**Task description**
Scan the entries that follow and copy out every line containing "clusters".

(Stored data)
ghost use Rattle.table_edits.specs.Grown.{GrownIsEdit, GrownIsKept, LongerTable, NewSequences, NumbersAreBegun};

/// Law: what a draft has put of a file table that grew is the edit that leads to a state with the
/// longer table.
pub fn grown_is_edit()
    ensures { GrownIsEdit }
{}

/// Law: the draft behind it has its blocks in order, each with a whole body.
pub fn grown_is_kept()
    ensures { GrownIsKept }
{}

/// Law: the bits of all numbers lie below the initialised size of their bitmap then, where it stands
/// in clusters.
pub fn numbers_are_begun()
    ensures { NumbersAreBegun }
{}

/// Law: the records lie then in the clusters of before and those that came.
pub fn longer_table_lies()
    ensures { LongerTable }
{}

/// Law: each new number of a file table that grew in a draft is taken with the sequence 1.
pub fn new_sequences_are_one()
    ensures { NewSequences }
{}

**Response box**
/// in clusters.
/// Law: the records lie then in the clusters of before and those that came.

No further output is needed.